### Data to examine ###

//! Plans of the smallest problem and long plans, decoded: by hand. What two other programs made of random problems is in `plan_rows`.
use super::texts::{DOMAIN, PROBLEM};
use super::{Before, DECODE, Row, Source, UNWRITTEN, replay};
use htn_cli::Status;
use std::alloc::Global;
use std::process::Abort;

/// A plan of two texts: the run ends with this status and these lines.
#[derive(Clone, Copy)]
struct Spelled {
    domain: &'static str,
    problem: &'static str,
    plan: Source,
    options: &'static [&'static str],
    status: Status,
    out: &'static str,
    err: &'static str,
}

const TREE: &str = "==>\n0 a\nroot 1\n1 t -> m 0\n<==\n";

const PLAN: &str = "(htn_start htn_s1) (htn_m_m htn_s1) (a htn_s1)";

/// The smallest problem, by hand.
const SMALLEST: &[Spelled] = &[
    Spelled {
        domain: DOMAIN,
        problem: PROBLEM,
        plan: Source::Text(PLAN),
        options: &[],
        status: Status::Done,
        out: TREE,
        err: "",
    },
    Spelled {
        domain: DOMAIN,
        problem: PROBLEM,
        plan: Source::Text("0: (HTN_START HTN_S1)\n1: (HTN_M_M HTN_S1) ; m\n2: (A HTN_S1)"),
        options: &["--bound", "65536", "--checks", "atonce"],
        status: Status::Done,
        out: TREE,
        err: "",
    },
    Spelled {
        domain: DOMAIN,
        problem: PROBLEM,
        plan: Source::Text("(htn_start htn_s1)"),
        options: &[],
        status: Status::Finding,
        out: "",
        err: "not a plan: step 2 Unfinished\n",
    },
    Spelled {
        domain: DOMAIN,
        problem: PROBLEM,
        plan: Source::Text(PLAN),
        options: &["--bound", "65537"],
        status: Status::Limit,
        out: "",
        err: "limit slots 65537\n",
    },
];

fn all_told(rt: &impl Abort, alloc: Global, rows: &[Spelled]) {
    for row in rows {
        replay(
            rt,
            alloc,
            &Row {
                before: Before::Spelled(
                    Source::Text(row.domain),
                    Source::Text(row.problem),
                    row.plan,
                ),
                command: DECODE,
                options: row.options,
                more: &[],
                status: row.status,
                out: row.out,
                err: row.err,
                held: UNWRITTEN,
            },
        );
    }
}

#[test]
fn smallest_problem(rt: HostRuntime) {
    all_told(&rt, rt.alloc(), SMALLEST);
}

pub(super) const USES: &str =
    "(define (domain d) (:task t :parameters ()) (:method m :parameters () :task (t) :ordered-subtasks (and (a) (t))) (:method e :parameters () :task (t) :subtasks ()) (:action a :parameters ()))";

/// A method that calls its task last is used 100,000 times, and the task is then left pending; and there are too many steps.
const LONG: &[Spelled] = &[
    Spelled {
        domain: USES,
        problem: PROBLEM,
        plan: Source::Times(&[
            ("(htn_start htn_s1)", 1),
            ("(htn_m_m htn_s1 htn_s2)(a htn_s2)", 100_000),
        ]),
        options: &[],
        status: Status::Finding,
        out: "",
        err: "not a plan: step 200002 Unfinished\n",
    },
    Spelled {
        domain: USES,
        problem: PROBLEM,
        plan: Source::Times(&[("(a)", 1_000_001)]),
        options: &[],
        status: Status::Limit,
        out: "",
        err: "limit steps 1000001\n",
    },
];

#[test]
fn long_plans(rt: HostRuntime) {
    all_told(&rt, rt.alloc(), LONG);
}
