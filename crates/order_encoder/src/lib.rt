//! The formulas on order pairs between slots, for the actions of the printed problem, in both styles.
//!
//! It stands on `plan_model` alone, and has the definitions of these formulas, by the numbers of what the printed problem calls its
//! order pairs (`OrderNames`). The contract used above: what is given is the defined formula, and it means the order.
#![tactic(auto)]

mod clears;
mod copies;
mod order_names;
mod pairs;
mod waits;

pub use clears::{clearing, push_clearing};
pub use copies::{copying, push_copying};
pub use order_names::OrderNames;
pub use waits::{push_waiting, waiting};
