//! What is left of small problems, worked out by hand from the rules for what is live and kept.
use super::texts::{DOMAIN, ONE_SLOT_DOMAIN, ONE_SLOT_PROBLEM, PROBLEM};
use super::{Before, Row, Source, TRANSLATE, UNWRITTEN, replay_all};
use htn_cli::Status;

const PRUNE: &[&str] = &["prune", "d.hddl", "p.hddl", "od.pddl", "op.pddl"];

/// The smallest domain with a task that has no end, and a method that comes to it.
const ENDLESS: &str =
    "(define (domain d) (:task t :parameters ()) (:task u :parameters ()) (:method m :parameters () :task (t) :subtasks (a)) (:method mu :parameters () :task (u) :subtasks (u)) (:method m2 :parameters () :task (t) :subtasks (u)) (:action a :parameters ()))";

const ENDLESS_PROBLEM: &str = "(define (problem p) (:domain d) (:htn :subtasks (u)))";

const SMALLEST: &str = concat!(
    "(define (domain d)\n",
    " (:requirements :adl :typing :hierarchy :method-preconditions)\n",
    " (:types)\n",
    " (:constants)\n",
    " (:predicates)\n",
    " (:task t :parameters ())\n",
    " (:method m :parameters () :task (t) :precondition (and) :subtasks (and (s0 (a))) :ordering (and) :constraints (and))\n",
    " (:action a :parameters () :precondition (and) :effect (and))\n",
    ")\n",
);

const SMALLEST_PROBLEM: &str = concat!(
    "(define (problem p)\n",
    " (:domain d)\n",
    " (:objects)\n",
    " (:htn :parameters () :subtasks (and (s0 (t))) :ordering (and) :constraints (and))\n",
    " (:init)\n",
    " (:goal (and))\n",
    ")\n",
);

/// An action whose condition an action adds that is never done.
const UNREACHED: &str =
    "(define (domain d) (:predicates (p)) (:action a :parameters () :precondition (p)) (:action b :parameters () :effect (p)))";

const UNREACHED_PROBLEM: &str = "(define (problem p) (:domain d) (:htn :subtasks (a)))";

const WITHOUT_IT: &str = concat!(
    "(define (domain d)\n",
    " (:requirements :adl :typing :hierarchy :method-preconditions)\n",
    " (:types)\n",
    " (:constants)\n",
    " (:predicates (p))\n",
    " (:action a :parameters () :precondition (p) :effect (and))\n",
    ")\n",
);

const WITHOUT_IT_PROBLEM: &str = concat!(
    "(define (problem p)\n",
    " (:domain d)\n",
    " (:objects)\n",
    " (:htn :parameters () :subtasks (and (s0 (a))) :ordering (and) :constraints (and))\n",
    " (:init)\n",
    " (:goal (and))\n",
    ")\n",
);

const fn pruned(
    domain: &'static str,
    problem: &'static str,
    out: &'static str,
    held: &'static [(&'static str, Option<&'static str>)],
) -> Row {
    Row {
        before: Before::Both(Source::Text(domain), Source::Text(problem)),
        command: PRUNE,
        options: &[],
        more: &[],
        status: Status::Done,
        out,
        err: "",
        held,
    }
}

const fn unsolved(domain: &'static str, problem: &'static str) -> Row {
    Row {
        before: Before::Both(Source::Text(domain), Source::Text(problem)),
        command: PRUNE,
        options: &[],
        more: &[],
        status: Status::Finding,
        out: "",
        err: "no solution\n",
        held: UNWRITTEN,
    }
}

const THE_SMALLEST: &[(&str, Option<&str>)] = &[
    ("od.pddl", Some(SMALLEST)),
    ("op.pddl", Some(SMALLEST_PROBLEM)),
];

const LEFT: &[(&str, Option<&str>)] = &[
    ("od.pddl", Some(WITHOUT_IT)),
    ("op.pddl", Some(WITHOUT_IT_PROBLEM)),
];

const TRANSLATED: &[(&str, Option<&str>)] = &[
    ("od.pddl", Some(ONE_SLOT_DOMAIN)),
    ("op.pddl", Some(ONE_SLOT_PROBLEM)),
];

#[test]
fn what_is_left(rt: HostRuntime) {
    replay_all(
        &rt,
        rt.alloc(),
        &[
            pruned(
                ENDLESS,
                PROBLEM,
                "tasks 1 methods 1 actions 1\n",
                THE_SMALLEST,
            ),
            pruned(
                DOMAIN,
                PROBLEM,
                "tasks 1 methods 1 actions 1\n",
                THE_SMALLEST,
            ),
            pruned(
                SMALLEST,
                SMALLEST_PROBLEM,
                "tasks 1 methods 1 actions 1\n",
                THE_SMALLEST,
            ),
            unsolved(ENDLESS, ENDLESS_PROBLEM),
        ],
    );
}

/// Pruned once more, less may be left.
#[test]
fn what_is_left_of_it(rt: HostRuntime) {
    replay_all(
        &rt,
        rt.alloc(),
        &[
            pruned(
                UNREACHED,
                UNREACHED_PROBLEM,
                "tasks 0 methods 0 actions 1\n",
                LEFT,
            ),
            unsolved(WITHOUT_IT, WITHOUT_IT_PROBLEM),
        ],
    );
}

/// What is left of the domain with the endless task is translated as the smallest problem is.
#[test]
fn what_is_left_is_translated(rt: HostRuntime) {
    replay_all(
        &rt,
        rt.alloc(),
        &[Row {
            before: Before::Both(Source::Text(SMALLEST), Source::Text(SMALLEST_PROBLEM)),
            command: TRANSLATE,
            options: &["--bound", "1"],
            more: &[],
            status: Status::Done,
            out: "slots 1\n",
            err: "",
            held: TRANSLATED,
        }],
    );
}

###

• [Task prompt]
Write out each line above that contains the word "steps".

• [Output for this exercise]
/// A method that calls its task last is used 100,000 times, and the task is then left pending; and there are too many steps.
        err: "limit steps 1000001\n",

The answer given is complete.